Scalability & Bottlenecks #
- Horizontal scaling via Kubernetes/load balancers.
- Database sharding: Hash-based on user_id.
- Read replicas for news feeds.
- Bottlenecks: Timeline computation at scale → Use fan-out on write for influencers (>1M followers).
- CDN (Cloudflare/Akamai) for images. Global replication.
Trade-offs & Alternatives #
- NoSQL for users/profiles: Flexibility vs eventual consistency; alternative: SQL for strong schema.
- SQL for posts: Joins for queries vs sharding complexity.
- Pre-computed timelines: Faster reads vs write amplification (events/fan-out).
- Monolith vs microservices: Simpler ops vs scalability, chose microservices for independence.

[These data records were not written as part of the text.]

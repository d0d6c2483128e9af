//! An act with its proof of inclusion, as a file.

use rp_seal::{NodeHash, SealedAct};

/// An act with its proof of inclusion.
#[derive(Drop)]
pub struct ActProof<'a> {
    /// The act.
    pub act: SealedAct<'a>,
    /// The number of entries of the log for which the proof is.
    pub size: u64,
    /// The hashes of the proof, the one next to the leaf first.
    pub proof: Vec<NodeHash>,
}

- Kafka vs NSQ (RabbitMQ): Scalability vs ease, chose Kafka for high-throughput.
Future Improvements #
- Support multi-media (videos/text), reactions, stories.
- Recommendations (ML-based feeds).
- Real-time notifications.
- GDPR compliance, moderation.
Interview Talking Points #
- Why microservices? Enables independent scaling and fault isolation.
- News feed bottleneck: Pre-computation avoids N+1 queries on reads.
- Fan-out strategies: Write-time for small graphs, read-time merge for influencers.
- Consistency: Eventual via brokers; eventual consistency acceptable for feeds.
- Storage choices: SQL for posts (relations), NoSQL for users (flexibility), KV for performance.
- Scaling data: Sharding by user/post ID, replication for availability.
- Trade-offs: Speed vs consistency; e.g., cached timelines vs live joins.
- Failures: Circuit breakers, retries; multi-region deployment.